Who Are We?

“That’s not who we are.” It’s a favorite message of political hope sounded by some of our favorite politicians.

To which I can be heard to mutter, “Except sometimes.”

I’m not the only one. Other folks from my side of the aisle have been popping up all over the place insisting “That” is exactly who we are. Meaning racist, misogynistic, predatory assholes. And have been from the beginning.

To which I can be heard to mutter, “Except sometimes.”

Here’s the thing. Telling it like it is, or was, is something we need reminding of if we are to create a more perfect union. But defining ourselves as a nation of assholes is, if you ask me, a losing proposition. Being honest with ourselves as individuals is often necessary but looking in the mirror and singing a heartfelt rendition of You’re No Good is not a recipe for improvement.

Our ancestors drove the native people they found here off their land and, if not into extinction, it wasn’t for lack of trying. (No wonder we’re afraid of illegal immigrants these days.)

We hijacked entire villages of African men and women and brought them here to literally slave for us and then to absolve ourselves of guilt we concocted volumes of material to prove to ourselves that this was ordained by nature and nature’s god, and when slavery was wiped off the books as a legal institution, we decided that the phrase “liberty and justice for all” could not possibly mean “for all.”

Women couldn’t vote from the get-go, and until all too recently it was assumed that we all needed a man – no, literally, needed a man – for such things as credit cards and legal agreements. It’s been a long hard slog out of the cave.

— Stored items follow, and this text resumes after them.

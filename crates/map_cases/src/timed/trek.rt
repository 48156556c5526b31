//! The code of the profile for trekking.

ghost use Rattle.std.specs.Prelude.{◌≡◌, IfSome, length};
ghost use Rattle.lookup_table.specs.First.{rows_of};
ghost use Rattle.profile_code.specs.Flat.{tags_of};

use crate::timed::ways::TAGS;
use case_inputs::{LOOK, TREK, code_of, table_of};
use lookup_table::{Part, Table};
use profile_code::Code;
use std::alloc::Global;

/// The profile's code, for ways with so many tags as the table has.
pub(crate) fn trek_code(alloc: Global) -> Option<Code>
    ensures fits { IfSome result (λ code. tags_of code Part.Way ≡ 6) }
{
    let Some(table) = table_of(alloc, LOOK.as_bytes()) else {
        return None;
    };
    if table.tags(Part::Way) != TAGS {
        return None;
    }
    code_under(alloc, &table)
}

/// The profile's code under a tag table.
fn code_under(alloc: Global, table: &Table) -> Option<Code>
    ensures value { IfSome result
        (λ code. tags_of code Part.Way ≡ length (rows_of table.now Part.Way)) }
{
    code_of(alloc, table, TREK.as_bytes())
}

LGBTQ folks didn’t even legally exist.

Our collective heads hang in shame.

But here’s another thing. We don’t celebrate those things. Or if we do, we make up some other reason for the celebration (see Confederate flag/statue contretemps). We say Robert E. Lee was a great general, yay him. We don’t say Robert E. Lee defended the institution of slavery, yay him.

We don’t celebrate our “victory” at Wounded Knee.

We don’t celebrate the Triangle Building Fire or the riots at Stonewall, the killing of Dr. Martin Luther King, Jr., or the imprisonment of Japanese citizens during WWII.

We do celebrate Abraham Lincoln and the Emancipation Proclamation, Teddy Roosevelt and National Parks, FDR and the New Deal. Even Lyndon Baines Johnson, the Vietnam War bogeyman of my side of the aisle, remains the hero who sacrificed the solid (Democratic) South for civil and voting rights. We do celebrate the enfranchisement of women and the legalization of same-sex marriage and Roe v. Wade and lots and lots of other time-capsule moments when the better angels of our nature claimed a victory and set the bar a little bit higher.

My point is that recognizing our shortcomings, failures, and outright sins is instructive and morally necessary, but beating ourselves over the head with them is just going to put us back in bed in a fetal position, of no use to anyone.

Remembering that we have also fed the hungry, cared for the sick and visited friends in prison or something similar is much more likely to send us back into the world where there is still work that needs to be done. Where there will always be work that needs to be done.

So maybe the mantra shouldn’t be “That is or is not who we are.” Maybe it should be, “We’ve always believed we could be better than that.” Because sometimes, we are.